===== Dataset records =====

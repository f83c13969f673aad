// The float steps, each by its letter, and what each gives.
ghost use Rattle.std.specs.Prelude.{◌≡◌, ◌+◌, ◌<◌, ◌≤◌, ◌⊎◌, MatchOption, get_or};
ghost use Rattle.float_vectors.specs.Steps.{number_of, side_of, steps_of, given_of};

use float_steps::words::{value, word};
use float_steps::{axis, order, remainder, root, sign, whole};
use std::fmt;

// In the order of their letters, a to q.
#[derive(Clone, Copy, Debug, PartialEq, Eq)]
pub enum Step {
    Word,
    Smaller,
    Larger,
    Clamp,
    Unit,
    Finite,
    Rem,
    RemEuclid,
    Wrap,
    Sqrt,
    Abs,
    Square,
    Floor,
    Byte,
    AxisAt,
    AxisNext,
    AxisAlong,
}

// The side of an axis: `locate` is asked for 1 to 2^24.
#[tactic(auto, unfolding(crate::specs::Steps::side_of))]
fn side_of(b: u32) -> usize
    ensures { (result ≡ side_of b) × (1 ≤ result) × (result ≤ 0x100_0000) }
{
    if b < 1 {
        1
    } else if 0x100_0000 < b {
        0x100_0000
    } else {
        b as usize
    }
}

impl Step {
    pub fn from_letter(letter: u8) -> Option<Step>
        ensures { MatchOption result ((letter < 97) ⊎ (113 < letter)) (λ s. letter ≡ 97 + number_of s) }
    {
        match letter {
            b'a' => Some(Step::Word),
            b'b' => Some(Step::Smaller),
            b'c' => Some(Step::Larger),
            b'd' => Some(Step::Clamp),
            b'e' => Some(Step::Unit),
            b'f' => Some(Step::Finite),
            b'g' => Some(Step::Rem),
            b'h' => Some(Step::RemEuclid),
            b'i' => Some(Step::Wrap),
            b'j' => Some(Step::Sqrt),
            b'k' => Some(Step::Abs),
            b'l' => Some(Step::Square),
            b'm' => Some(Step::Floor),
            b'n' => Some(Step::Byte),
            b'o' => Some(Step::AxisAt),
            b'p' => Some(Step::AxisNext),
            b'q' => Some(Step::AxisAlong),
            _ => None,
        }
    }

    // What the step gives: a word, a whole number, or 1 for true.
    #[tactic(auto, unfolding(crate::specs::Steps::steps_of))]
    fn result(self, a: f32, b: f32, c: f32, side: usize) -> u64
        requires { (1 ≤ side) × (side ≤ 0x100_0000) }
        ensures { result ≡ get_or (steps_of a b c side) (number_of self) 0 }
    {
        match self {
            Step::Word => u64::from(word(a)),
            Step::Smaller => u64::from(word(order::smaller(a, b))),
            Step::Larger => u64::from(word(order::larger(a, b))),
            Step::Clamp => u64::from(word(order::clamp(a, b, c))),
            Step::Unit => u64::from(word(order::unit(a))),
            Step::Finite => u64::from(order::finite(a)),
            Step::Rem => u64::from(word(remainder::rem(a, b))),
            Step::RemEuclid => u64::from(word(remainder::rem_euclid(a, b))),
            Step::Wrap => u64::from(word(remainder::wrap(a))),
            Step::Sqrt => u64::from(word(root::sqrt(a))),
            Step::Abs => u64::from(word(sign::abs(a))),
            Step::Square => u64::from(word(sign::square(a))),
            Step::Floor => whole::floor(a),
            Step::Byte => u64::from(whole::byte(a)),
            Step::AxisAt => axis::locate(a, side).at as u64,
            Step::AxisNext => axis::locate(a, side).next as u64,
            Step::AxisAlong => u64::from(word(axis::locate(a, side).along)),
        }
    }

    // What the step gives of words; the second is also the side.
    #[tactic(auto, unfolding(crate::specs::Steps::given_of))]
    pub fn given(self, a: u32, b: u32, c: u32) -> u64
        ensures { result ≡ given_of (number_of self) a b c }
    {
        self.result(value(a), value(b), value(c), side_of(b))
    }
}

impl fmt::Display for Step {
    fn fmt<W: fmt::Write>(&self, f: &mut fmt::Formatter<W>) -> fmt::Result {
        f.write_str(match *self {
            Step::Word => "word of value",
            Step::Smaller => "smaller",
            Step::Larger => "larger",
            Step::Clamp => "clamp",
            Step::Unit => "unit",
            Step::Finite => "finite",
            Step::Rem => "rem",
            Step::RemEuclid => "rem_euclid",
            Step::Wrap => "wrap",
            Step::Sqrt => "sqrt",
            Step::Abs => "abs",
            Step::Square => "square",
            Step::Floor => "floor",
            Step::Byte => "byte",
            Step::AxisAt => "axis at",
            Step::AxisNext => "axis next",
            Step::AxisAlong => "axis along",
        })
    }
}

=====

■ Task details ■
Pull every line containing the word "Unit" out of the listing.

■ Output below ■
    Unit,
            b'e' => Some(Step::Unit),
            Step::Unit => u64::from(word(order::unit(a))),
            Step::Unit => "unit",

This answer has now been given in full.